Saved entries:
########################################

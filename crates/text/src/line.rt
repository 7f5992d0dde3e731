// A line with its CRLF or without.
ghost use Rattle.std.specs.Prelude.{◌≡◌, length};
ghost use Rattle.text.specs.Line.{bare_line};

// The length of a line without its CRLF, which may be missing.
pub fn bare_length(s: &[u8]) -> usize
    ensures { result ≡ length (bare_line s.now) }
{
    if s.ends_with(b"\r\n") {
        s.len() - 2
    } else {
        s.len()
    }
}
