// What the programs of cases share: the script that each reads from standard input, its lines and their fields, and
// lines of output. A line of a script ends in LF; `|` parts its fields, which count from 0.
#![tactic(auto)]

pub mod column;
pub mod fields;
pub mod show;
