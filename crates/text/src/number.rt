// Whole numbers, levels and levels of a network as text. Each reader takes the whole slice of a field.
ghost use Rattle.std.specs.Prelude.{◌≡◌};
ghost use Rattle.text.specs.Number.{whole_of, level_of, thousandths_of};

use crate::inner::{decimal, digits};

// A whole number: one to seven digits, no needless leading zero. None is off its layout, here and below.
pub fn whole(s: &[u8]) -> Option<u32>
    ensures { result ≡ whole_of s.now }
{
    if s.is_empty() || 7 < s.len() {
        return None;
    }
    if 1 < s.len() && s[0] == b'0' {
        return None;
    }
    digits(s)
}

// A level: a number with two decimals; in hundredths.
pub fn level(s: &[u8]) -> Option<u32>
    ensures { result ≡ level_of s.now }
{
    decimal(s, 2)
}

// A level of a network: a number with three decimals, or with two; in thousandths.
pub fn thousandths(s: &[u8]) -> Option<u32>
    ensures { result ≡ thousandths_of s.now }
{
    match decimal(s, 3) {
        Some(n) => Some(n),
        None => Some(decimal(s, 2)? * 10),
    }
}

########################################

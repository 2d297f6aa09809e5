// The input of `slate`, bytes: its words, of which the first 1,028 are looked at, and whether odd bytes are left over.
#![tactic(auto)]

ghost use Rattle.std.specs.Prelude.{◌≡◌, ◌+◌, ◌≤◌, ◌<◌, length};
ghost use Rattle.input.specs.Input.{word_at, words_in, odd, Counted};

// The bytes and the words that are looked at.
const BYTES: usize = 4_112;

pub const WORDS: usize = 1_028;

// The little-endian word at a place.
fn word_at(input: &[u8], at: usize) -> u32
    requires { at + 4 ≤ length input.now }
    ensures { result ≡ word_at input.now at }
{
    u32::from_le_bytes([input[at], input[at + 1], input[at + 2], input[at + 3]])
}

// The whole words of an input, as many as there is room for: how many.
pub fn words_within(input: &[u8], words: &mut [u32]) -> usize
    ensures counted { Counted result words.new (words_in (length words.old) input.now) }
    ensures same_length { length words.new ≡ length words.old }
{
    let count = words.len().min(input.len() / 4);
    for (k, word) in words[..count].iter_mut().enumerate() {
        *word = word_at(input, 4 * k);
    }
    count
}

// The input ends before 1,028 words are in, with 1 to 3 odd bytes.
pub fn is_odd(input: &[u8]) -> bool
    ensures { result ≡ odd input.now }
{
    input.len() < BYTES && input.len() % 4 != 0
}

########################################

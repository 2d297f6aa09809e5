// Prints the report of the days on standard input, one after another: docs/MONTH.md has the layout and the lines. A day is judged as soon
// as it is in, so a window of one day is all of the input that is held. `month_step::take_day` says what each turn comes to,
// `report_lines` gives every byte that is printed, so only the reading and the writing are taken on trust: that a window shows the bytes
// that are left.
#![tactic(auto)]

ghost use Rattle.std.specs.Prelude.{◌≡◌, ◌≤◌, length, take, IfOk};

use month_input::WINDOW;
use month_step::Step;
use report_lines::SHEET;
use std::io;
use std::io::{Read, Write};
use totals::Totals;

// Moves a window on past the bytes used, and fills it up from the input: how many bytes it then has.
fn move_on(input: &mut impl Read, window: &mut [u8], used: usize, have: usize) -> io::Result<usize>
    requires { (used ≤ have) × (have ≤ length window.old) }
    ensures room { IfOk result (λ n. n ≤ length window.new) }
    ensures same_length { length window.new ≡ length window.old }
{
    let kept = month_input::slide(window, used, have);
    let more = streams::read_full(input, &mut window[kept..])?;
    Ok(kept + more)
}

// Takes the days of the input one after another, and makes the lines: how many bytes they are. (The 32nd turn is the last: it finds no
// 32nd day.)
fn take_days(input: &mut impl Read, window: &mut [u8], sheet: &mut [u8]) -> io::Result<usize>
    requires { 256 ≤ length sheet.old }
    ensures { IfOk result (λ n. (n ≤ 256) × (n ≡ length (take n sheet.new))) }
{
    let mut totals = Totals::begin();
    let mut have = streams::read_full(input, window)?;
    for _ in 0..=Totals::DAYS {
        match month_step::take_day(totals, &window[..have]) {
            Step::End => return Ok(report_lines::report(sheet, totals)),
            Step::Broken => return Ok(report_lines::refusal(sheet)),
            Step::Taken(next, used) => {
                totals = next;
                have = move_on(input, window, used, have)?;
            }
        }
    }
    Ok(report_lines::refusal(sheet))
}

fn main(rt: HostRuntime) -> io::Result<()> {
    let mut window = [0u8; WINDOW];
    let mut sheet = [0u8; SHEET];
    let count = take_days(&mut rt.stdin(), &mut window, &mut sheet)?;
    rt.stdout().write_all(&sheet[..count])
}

########################################

## What to work on
The reply is a bare number, the count of lines in these entries that hold the word "CRLF".

## Task output
2